- _WHAT IS REQUIRED_: Among the entries that follow, the required portion opens with the line containing "result ≤ self.now.most" and closes with the line containing "into a slot.". Give that portion again exactly, and nothing else.

Stored items
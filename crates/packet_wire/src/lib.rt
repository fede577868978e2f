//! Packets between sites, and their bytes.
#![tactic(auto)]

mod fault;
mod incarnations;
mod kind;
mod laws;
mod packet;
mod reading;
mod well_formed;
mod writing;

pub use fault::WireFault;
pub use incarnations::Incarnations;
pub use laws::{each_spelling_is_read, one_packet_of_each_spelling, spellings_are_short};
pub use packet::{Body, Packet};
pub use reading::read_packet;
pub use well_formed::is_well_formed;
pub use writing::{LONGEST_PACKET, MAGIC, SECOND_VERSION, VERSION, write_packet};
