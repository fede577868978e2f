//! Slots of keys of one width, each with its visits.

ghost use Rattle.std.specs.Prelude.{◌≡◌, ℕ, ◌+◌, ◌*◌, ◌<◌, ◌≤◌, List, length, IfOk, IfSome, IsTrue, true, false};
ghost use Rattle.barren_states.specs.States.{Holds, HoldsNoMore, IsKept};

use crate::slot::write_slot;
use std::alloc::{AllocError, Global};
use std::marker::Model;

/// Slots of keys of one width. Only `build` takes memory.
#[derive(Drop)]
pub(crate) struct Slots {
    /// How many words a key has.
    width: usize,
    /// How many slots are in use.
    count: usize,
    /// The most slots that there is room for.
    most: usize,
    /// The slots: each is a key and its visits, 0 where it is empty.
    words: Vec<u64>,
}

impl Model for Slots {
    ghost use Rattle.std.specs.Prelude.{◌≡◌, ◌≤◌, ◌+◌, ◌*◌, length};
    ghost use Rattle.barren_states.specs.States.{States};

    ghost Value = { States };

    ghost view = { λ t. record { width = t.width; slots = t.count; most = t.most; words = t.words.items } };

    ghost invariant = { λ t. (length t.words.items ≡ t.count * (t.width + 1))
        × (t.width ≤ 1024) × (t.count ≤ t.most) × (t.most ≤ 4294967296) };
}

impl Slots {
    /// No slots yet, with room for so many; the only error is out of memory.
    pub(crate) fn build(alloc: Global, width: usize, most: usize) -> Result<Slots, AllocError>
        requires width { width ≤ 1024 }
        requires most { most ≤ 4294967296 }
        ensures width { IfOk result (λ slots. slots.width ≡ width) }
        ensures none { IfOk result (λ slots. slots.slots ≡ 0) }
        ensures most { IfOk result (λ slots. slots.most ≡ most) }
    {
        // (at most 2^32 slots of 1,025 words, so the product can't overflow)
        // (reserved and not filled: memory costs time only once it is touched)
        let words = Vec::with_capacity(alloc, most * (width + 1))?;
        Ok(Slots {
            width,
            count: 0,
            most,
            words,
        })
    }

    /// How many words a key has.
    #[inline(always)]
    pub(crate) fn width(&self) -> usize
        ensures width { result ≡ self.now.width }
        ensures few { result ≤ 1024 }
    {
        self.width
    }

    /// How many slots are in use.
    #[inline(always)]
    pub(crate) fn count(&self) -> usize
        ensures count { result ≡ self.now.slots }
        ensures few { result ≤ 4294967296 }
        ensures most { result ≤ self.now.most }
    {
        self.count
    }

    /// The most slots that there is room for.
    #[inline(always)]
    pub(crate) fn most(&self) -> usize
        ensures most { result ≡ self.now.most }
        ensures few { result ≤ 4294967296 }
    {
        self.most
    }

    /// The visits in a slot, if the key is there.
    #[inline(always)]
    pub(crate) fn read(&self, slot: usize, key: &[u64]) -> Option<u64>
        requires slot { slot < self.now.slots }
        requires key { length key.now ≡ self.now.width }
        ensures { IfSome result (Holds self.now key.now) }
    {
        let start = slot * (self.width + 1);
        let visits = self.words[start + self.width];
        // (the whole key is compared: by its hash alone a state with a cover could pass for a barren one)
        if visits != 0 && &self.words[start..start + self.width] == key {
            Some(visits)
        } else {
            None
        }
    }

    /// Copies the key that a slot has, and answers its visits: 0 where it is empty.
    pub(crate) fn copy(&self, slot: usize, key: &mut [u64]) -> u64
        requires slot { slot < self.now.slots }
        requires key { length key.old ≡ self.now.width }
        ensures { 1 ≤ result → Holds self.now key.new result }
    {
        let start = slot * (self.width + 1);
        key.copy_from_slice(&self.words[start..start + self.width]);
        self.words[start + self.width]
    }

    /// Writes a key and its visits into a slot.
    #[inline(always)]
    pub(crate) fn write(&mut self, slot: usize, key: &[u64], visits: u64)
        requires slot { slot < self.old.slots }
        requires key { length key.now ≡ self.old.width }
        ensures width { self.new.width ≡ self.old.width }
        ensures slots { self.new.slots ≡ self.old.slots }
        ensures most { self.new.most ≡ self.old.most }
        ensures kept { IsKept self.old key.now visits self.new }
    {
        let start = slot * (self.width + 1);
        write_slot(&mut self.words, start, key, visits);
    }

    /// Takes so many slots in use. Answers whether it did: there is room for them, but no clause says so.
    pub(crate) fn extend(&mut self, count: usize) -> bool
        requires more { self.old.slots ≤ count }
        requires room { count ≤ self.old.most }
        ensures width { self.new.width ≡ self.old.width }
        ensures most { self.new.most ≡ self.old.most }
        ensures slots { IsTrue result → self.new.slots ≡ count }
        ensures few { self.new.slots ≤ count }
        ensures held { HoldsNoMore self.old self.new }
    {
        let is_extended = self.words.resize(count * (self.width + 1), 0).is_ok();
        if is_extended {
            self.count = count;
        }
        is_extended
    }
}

- _REPLY_:
        ensures most { result ≤ self.now.most }
    {
        self.count
    }

    /// The most slots that there is room for.
    #[inline(always)]
    pub(crate) fn most(&self) -> usize
        ensures most { result ≡ self.now.most }
        ensures few { result ≤ 4294967296 }
    {
        self.most
    }

    /// The visits in a slot, if the key is there.
    #[inline(always)]
    pub(crate) fn read(&self, slot: usize, key: &[u64]) -> Option<u64>
        requires slot { slot < self.now.slots }
        requires key { length key.now ≡ self.now.width }
        ensures { IfSome result (Holds self.now key.now) }
    {
        let start = slot * (self.width + 1);
        let visits = self.words[start + self.width];
        // (the whole key is compared: by its hash alone a state with a cover could pass for a barren one)
        if visits != 0 && &self.words[start..start + self.width] == key {
            Some(visits)
        } else {
            None
        }
    }

    /// Copies the key that a slot has, and answers its visits: 0 where it is empty.
    pub(crate) fn copy(&self, slot: usize, key: &mut [u64]) -> u64
        requires slot { slot < self.now.slots }
        requires key { length key.old ≡ self.now.width }
        ensures { 1 ≤ result → Holds self.now key.new result }
    {
        let start = slot * (self.width + 1);
        key.copy_from_slice(&self.words[start..start + self.width]);
        self.words[start + self.width]
    }

    /// Writes a key and its visits into a slot.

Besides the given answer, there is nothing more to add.